- New data for non-OECD countries for 2015 reduces global oil demand by an average 330 kb/d in 2015-2018. For 2017, growth has been revised up to 1.5 mb/d, with demand reaching 97.6 mb/d. In 2018, growth slows slightly to 1.4 mb/d when demand will be 99.0 mb/d. In 4Q18, demand will reach 100.1 mb/d.
- In July, global oil supply increased by 520 kb/d versus June. It was the third consecutive monthly increase. Global supply is up 500 kb/d on a year ago.
- Non-OPEC output is expected to expand by 0.7 mb/d in 2017 and 1.4 mb/d in 2018, including 0.6 mb/d and 1.0 mb/d, respectively, for the US. The ten non-OPEC countries cooperating with OPEC saw their compliance rate improve to 67% in July.

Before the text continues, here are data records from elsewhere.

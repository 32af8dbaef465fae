//! The cells of a bucket at numbered places, with a star for each vertex: the numbers of the places of its cells.
//!
//! The definitions stand in `specs/`: the bucket of a point, an exchange of cells in a list in order, and when stars
//! are those of the cells. Where the place across a facet is likely to be is kept too; no definition speaks of it.
//!
//! ```
//! let grid = Grid::new(4)?;
//! let mut cells = Cells::new(alloc).placed(grid, grid.bucket_of(a));
//! let mut stock = Stock::new(alloc);
//! let matched = Matched::of(alloc, &mut stock, grid, &[], &[cell])?;
//! let plan = cells.plan(alloc, &mut stock, &[], &[cell], &matched, false)?;  // all memory is taken here
//! cells.carry_out(plan);                        // the cell is there, if it has a point in the bucket
//! for cell in cells.cells_at(a) {               // ascending; `cells_around` gives them at once, in any order
//!     ..
//! }
//! ```
#![tactic(auto)]

mod adding;
mod around;
mod at_once;
mod cells;
mod coming;
mod doors;
mod free;
mod guesses;
mod homes;
mod joined;
mod joins;
mod key_lists;
mod keys;
mod links;
mod marks;
mod matched;
mod moves;
mod numbers;
mod order;
mod parts;
mod plan;
mod planner;
mod slots;
mod star;
mod steps;
mod stock;
mod turns;
mod vacant;
mod vertices;
mod writes;

pub use cells::Cells;
pub use matched::Matched;
pub use numbers::as_number;
pub use plan::Plan;
pub use star::{BucketCells, Star, StarCells};
pub use steps::Steps;
pub use stock::Stock;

- OPEC crude output rose by 230 kb/d in July to a 2017 high of 32.84 mb/d, led by a strong recovery in Libya. Output from the 12 members included in the output pact edged up, eroding the compliance rate to 75%, the lowest this year. Year-to-date compliance is 87%.

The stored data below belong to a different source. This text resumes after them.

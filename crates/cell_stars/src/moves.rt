//! What goes and comes in an exchange, by places.

ghost use Rattle.std.specs.Prelude.{◌≡◌, ◌⊎◌, ℕ, true, Some, IfOk, MatchOption, length};
ghost use Rattle.std.specs.List.{zip};
ghost use Rattle.point_order.specs.declared.cell.Cell.{Cell};
ghost use Rattle.point_order.specs.Facets.{points_of};
ghost use Rattle.point_order.specs.Sets.{IsIn, IsAscending};
ghost use Rattle.cell_stars.specs.Places.{lies_in, touches_in, at_slot};
ghost use Rattle.cell_stars.specs.Plans.{AreFor, IsOnceFor};
ghost use Rattle.cell_stars.specs.Homes.{AreHomes, AreHomesAt};
ghost use Rattle.cell_stars.specs.Moves.{IsStarFor, AreFreed, AreNew};

use crate::cells::Cells;
use crate::guesses::Guesses;
use crate::matched::Matched;
use crate::order::numbers_in_order;
use crate::slots::place_among;
use crate::stock::{Stock, keep, list_of};
use crate::vacant::places_for;
use point_order::{Cell, Point};
use std::alloc::{AllocError, Global};

// Up to so many numbers are looked through in turn, and stars with so many places are short.
const FEW: usize = 32;

// What goes and comes in an exchange: the places that are freed, ascending, and the cells that are put at places.
#[derive(Drop)]
pub(crate) struct Moves {
    pub(crate) freed: Vec<u32>,
    pub(crate) placed: Vec<(u32, Cell)>,
    // Where each of the gone cells is likely to stand.
    pub(crate) gone: Guesses,
    // Whether the cells are put as they are listed; else in order, where they are many.
    pub(crate) listed: bool,
}

// Each number beside the cell at its place in the other list, which is as long.
fn pairs(
    alloc: Global,
    stock: &mut Stock,
    numbers: &[u32],
    cells: &[Cell],
) -> Result<Vec<(u32, Cell)>, AllocError>
    requires { length numbers.now ≡ length cells.now }
    ensures { IfOk result (λ list. list.items ≡ zip numbers.now cells.now) }
{
    let mut list = list_of(&mut stock.placed, alloc, numbers.len())?;
    for k in 0..numbers.len() {
        list.push((numbers[k], cells[k]))?;
    }
    Ok(list)
}

impl Cells {
    // Whether the point lies in the bucket.
    pub(crate) fn has_here(&self, p: Point) -> bool
        ensures { result ≡ lies_in self.now.place p }
    {
        match self.place() {
            Some((grid, number)) => grid.bucket_of(p) == number,
            None => false,
        }
    }

    // The shortest star of a vertex of the cell, or the first that is short.
    fn shortest_star(&self, cell: &Cell) -> Option<&[u32]>
        ensures { MatchOption result ((p : ℕ) → IsIn p (points_of cell.now) → lies_in self.now.place p ≡ true →
            ⊥) (λ star. IsStarFor self.now cell.now star.now) }
    {
        let mut shortest: Option<&[u32]> = None;
        for p in cell.points() {
            if self.has_here(*p) {
                let star = shorter(shortest, self.star_of(*p));
                if star.len() <= FEW {
                    return Some(star);
                }
                shortest = Some(star);
            }
        }
        shortest
    }

    // The place of the cell, if it stands at one, by a look through a star.
    pub(crate) fn place_in_star(&self, cell: &Cell) -> Option<u32>
        ensures { MatchOption result ((i : ℕ) → at_slot self.now.slots i ≡ Some cell.now →
            touches_in self.now.place cell.now ≡ true → ⊥) (λ i. at_slot self.now.slots i ≡ Some cell.now) }
    {
        match self.shortest_star(cell) {
            Some(star) => place_among(&self.slots, star, cell),
            None => None,
        }
    }

    // The place of the gone cell with the number, if it stands at one: it is likely to stand across a facet of one that
    // was found before.
    fn place_by(
        &self,
        cell: &Cell,
        number: usize,
        matched: &Matched,
        guesses: &Guesses,
    ) -> Option<u32>
        requires { AreHomesAt matched.now.gone.0 matched.now.gone.1 number cell.now }
        ensures { MatchOption result ((i : ℕ) → at_slot self.now.slots i ≡ Some cell.now →
            touches_in self.now.place cell.now ≡ true → ⊥) (λ i. at_slot self.now.slots i ≡ Some cell.now) }
    {
        if !self.is_touched_by(&matched.gone, number, cell) {
            return None;
        }
        match guesses.guess(&self.slots, &matched.joined, cell) {
            Some(place) => Some(place),
            None => self.place_in_star(cell),
        }
    }

    // The places of the gone cells, ascending.
    fn freed_by(
        &self,
        alloc: Global,
        stock: &mut Stock,
        gone: &[Cell],
        matched: &Matched,
        guesses: &mut Guesses,
    ) -> Result<Vec<u32>, AllocError>
        requires { AreHomes matched.now.gone gone.now }
        ensures order { IfOk result (λ freed. IsAscending freed.items) }
        ensures freed { IfOk result (λ freed. AreFreed self.now gone.now freed.items) }
    {
        let _ = &self.slots;
        let mut freed = list_of(&mut stock.numbers, alloc, gone.len())?;
        for (number, c) in gone.iter().enumerate() {
            let place = self.place_by(c, number, matched, guesses);
            guesses.add(place)?;
            if let Some(i) = place {
                freed.push(i)?;
            }
        }
        Ok(numbers_in_order(freed))
    }

    // What goes and comes.
    pub(crate) fn moves(
        &self,
        alloc: Global,
        stock: &mut Stock,
        gone: &[Cell],
        fresh: &[Cell],
        matched: &Matched,
        found: bool,
    ) -> Result<Moves, AllocError>
        requires matched { IsOnceFor gone.now fresh.now matched.now }
        requires found { found ≡ true → AreNew self.now fresh.now }
        ensures order { IfOk result (λ moves. IsAscending moves.freed.items) }
        ensures made { IfOk result (λ moves. AreFor gone.now fresh.now moves.freed.items moves.placed.items self.now) }
    {
        let mut guesses = Guesses::new(alloc, stock, gone.len())?;
        let freed = self.freed_by(alloc, stock, gone, matched, &mut guesses)?;
        let coming = self.coming_by(alloc, stock, fresh, &freed, matched, found)?;
        let places = places_for(
            alloc,
            stock,
            &self.slots,
            self.free.numbers(),
            &freed,
            coming.len(),
            self.free.behind(),
        )?;
        let placed = pairs(alloc, stock, &places, &coming)?;
        keep(&mut stock.numbers, places);
        keep(&mut stock.cells, coming);
        Ok(Moves {
            freed,
            placed,
            gone: guesses,
            listed: matched.is_single(),
        })
    }
}

// The shorter of two stars.
fn shorter<'a>(shortest: Option<&'a [u32]>, star: &'a [u32]) -> &'a [u32]
    ensures { MatchOption shortest.entry (result.now ≡ star.now)
        (λ other. (result.now ≡ star.now) ⊎ (result.now ≡ other.now)) }
{
    match shortest {
        Some(other) if other.len() <= star.len() => other,
        _ => star,
    }
}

- OECD industry stocks fell in June by 19.3 mb to 3 021 mb on strong refinery runs and oil product exports, but are still 219 mb above the five-year average. In 2Q17, global oil stocks drew by 0.5 mb/d, including 0.2 mb/d in the OECD. Provisional data shows further falls in July, including the largest monthly US crude stock draw for more than three years.
- Benchmark crude prices rose by $1-2/bbl in July with higher crude demand from refiners and anticipated oil field maintenance. Sweet-sour spreads widened for the first time in four months. Strong demand and refinery outages in Europe boosted diesel and gasoline prices.
- Refining throughput is expected to reach its annual peak in August, with runs at 81.4 mb/d. 3Q17 throughput is forecast to grow 0.9 mb/d y-o-y. Global refining activity will seasonally decline in September and October, before bouncing back in November.